START Task material

//! A part behind the statement of an `if`.

use c_tree::{Else, ElseIf};

/// A part behind the statement of an `if`, from its `else` on (ISO C 6.8.4.1).
#[derive(Drop)]
pub enum Branch {
    /// An `else if` part.
    Other(ElseIf),
    /// The last `else`, whose statement is no `if`.
    Last(Else),
}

END Task material

## What this task involves
From the lines above, copy those that contain the word "part".

## Exercise result
//! A part behind the statement of an `if`.
/// A part behind the statement of an `if`, from its `else` on (ISO C 6.8.4.1).
    /// An `else if` part.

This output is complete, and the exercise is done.